And as you said, loads of time and lots to your, your, your guests have said, there's an amazing amount of data that is put out by buildings. That's just, well, that's nice, but no one ever does anything does anything of about it. But I do a lot of work with, with the, on the other end with the, with the landlords.

And I try and say to the landlords, when they're thinking about, you know, what is a smart bill, exactly this point of what is the, what is the user experience that you are gonna sell to your cus to this customer? And you're gonna sell something fabulous to this customer. Mm-hmm how the hell do you deliver it?
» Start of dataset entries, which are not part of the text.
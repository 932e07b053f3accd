//! A form of words, and the one that words are of.
ghost use Rattle.std.specs.Prelude.{◌≡◌, ◌<◌, ◌↔◌, ◌∷◌, [], map, string_bytes, decimal, IsTrue};
ghost use Rattle.run_words.specs.Forms.{areas_form, form_of, load_form, number_of};

use itoa::Buffer;

/// A form of words.
#[derive(Clone, Copy, Debug, PartialEq, Eq)]
pub enum Form {
    /// `run A B` with two names that differ.
    Run,
    /// `check A B` with two names that differ.
    Check,
    /// `gen N`, with the number N.
    Generate(u32),
    /// `load N A B` with the number N and two names that differ.
    Load(u32),
    /// `--help` alone.
    Help,
    /// `--version` alone.
    Version,
}

/// The form that the words are of, if any.
pub fn form_of(words: &[String]) -> Option<Form>
    ensures { result ≡ form_of (map string_bytes words.now) }
{
    match words {
        [word] => of_one(word.as_str()),
        [word, number] => of_two(word.as_str(), number.as_str()),
        [word, left, right] => of_three(word.as_str(), left.as_str(), right.as_str()),
        [word, number, left, right] => of_four(
            word.as_str(),
            number.as_str(),
            left.as_str(),
            right.as_str(),
        ),
        _ => None,
    }
}

fn of_one(word: &str) -> Option<Form>
    ensures { result ≡ form_of (word.now ∷ []) }
{
    if word == "--help" {
        return Some(Form::Help);
    }
    if word == "--version" {
        return Some(Form::Version);
    }
    None
}

fn of_two(word: &str, number: &str) -> Option<Form>
    ensures { result ≡ form_of (word.now ∷ number.now ∷ []) }
{
    if word == "gen" {
        return Some(Form::Generate(number_of(number)?));
    }
    None
}

/// The number that the word is in decimal: of at most nine digits, and without a leading zero but in `0` itself.
fn number_of(word: &str) -> Option<u32>
    ensures { result ≡ number_of word.now }
{
    let Ok(number) = word.parse::<u32>() else {
        return None;
    };
    if is_number(word, number) {
        Some(number)
    } else {
        None
    }
}

/// Whether the word is this number in decimal, and has at most nine digits.
fn is_number(word: &str, number: u32) -> bool
    ensures { IsTrue result ↔ ((number < 1000000000) × (word.now ≡ decimal number)) }
{
    let mut buffer = Buffer::new();
    number < 1_000_000_000 && word == buffer.format(number)
}

fn of_three(word: &str, left: &str, right: &str) -> Option<Form>
    ensures { result ≡ form_of (word.now ∷ left.now ∷ right.now ∷ []) }
{
    if left == right {
        return None;
    }
    of_areas(word)
}

/// The form of a word before the names of two areas.
fn of_areas(word: &str) -> Option<Form>
    ensures { result ≡ areas_form word.now }
{
    if word == "run" {
        return Some(Form::Run);
    }
    if word == "check" {
        return Some(Form::Check);
    }
    None
}

fn of_four(word: &str, number: &str, left: &str, right: &str) -> Option<Form>
    ensures { result ≡ form_of (word.now ∷ number.now ∷ left.now ∷ right.now ∷ []) }
{
    if left == right {
        return None;
    }
    of_load(word, number)
}

/// The form of a word and a number before the names of two areas.
fn of_load(word: &str, number: &str) -> Option<Form>
    ensures { result ≡ load_form word.now number.now }
{
    if word == "load" {
        return Some(Form::Load(number_of(number)?));
    }
    None
}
And so you can't talk about, oh, I'm gonna go [00:41:00] and talk to the HVAC people, and then I'll go and talk to the, the, these people. And I'll go to talk to the, you, you can't do it. You, you have to start from, this is, this is the output. It's not the energy use or whatever. This is the output is that user experience, which is of XYZ.

Now, how now, how do we do, how do we do that? Um, which, which obviously is not easy, but if you don't, if you don't start the discussion based on the idea of creating a great user experience, then, then you've got a, a, then you've got a problem because I, I, I have this line that I use that UX equals brand and brand equals value.
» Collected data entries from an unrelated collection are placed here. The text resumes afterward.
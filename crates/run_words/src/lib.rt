//! The forms of words with which the program is called.
//!
//! - `words`: a `Form`, and the one that words are of.
#![tactic(auto)]

mod words;

pub use words::{Form, form_of};
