// What is promised of crossing quotes: the fills, what is left of the size, the list, and the mirror of a sell. No code.
#![tactic(auto)]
and I try and use the analogy of, if you think of, um, if you think of a luxury car market. So over here we think of Mercedes Audi BMW. Mm-hmm, the most important customer [00:42:00] for each of them is the person buying their first luxury car. Cause it's, it's a bit like the Jesuits once they got you. They've got you.

They've got you for life. And, and you know, I was a, well, until I moved to Tesla, I had S for years and years and years, my brother has always had BMWs. And my father for 40 odd years was a Mercedes chat. Okay. And so they have amazing brands, but you into a user experience, you know, the, the, the point about, you know, you buy an entry level Mercedes, and it has just that little bit of what it's like to sit in an S class.

It isn't, but it has that little, it has that little feel of it. Um, and what I think you're increasingly going to get is you are either gonna get a few landlords who are going, be able to create these effectively [00:43:00] consumer brands and, or you are going get series of the brands that are developing really, really strong now.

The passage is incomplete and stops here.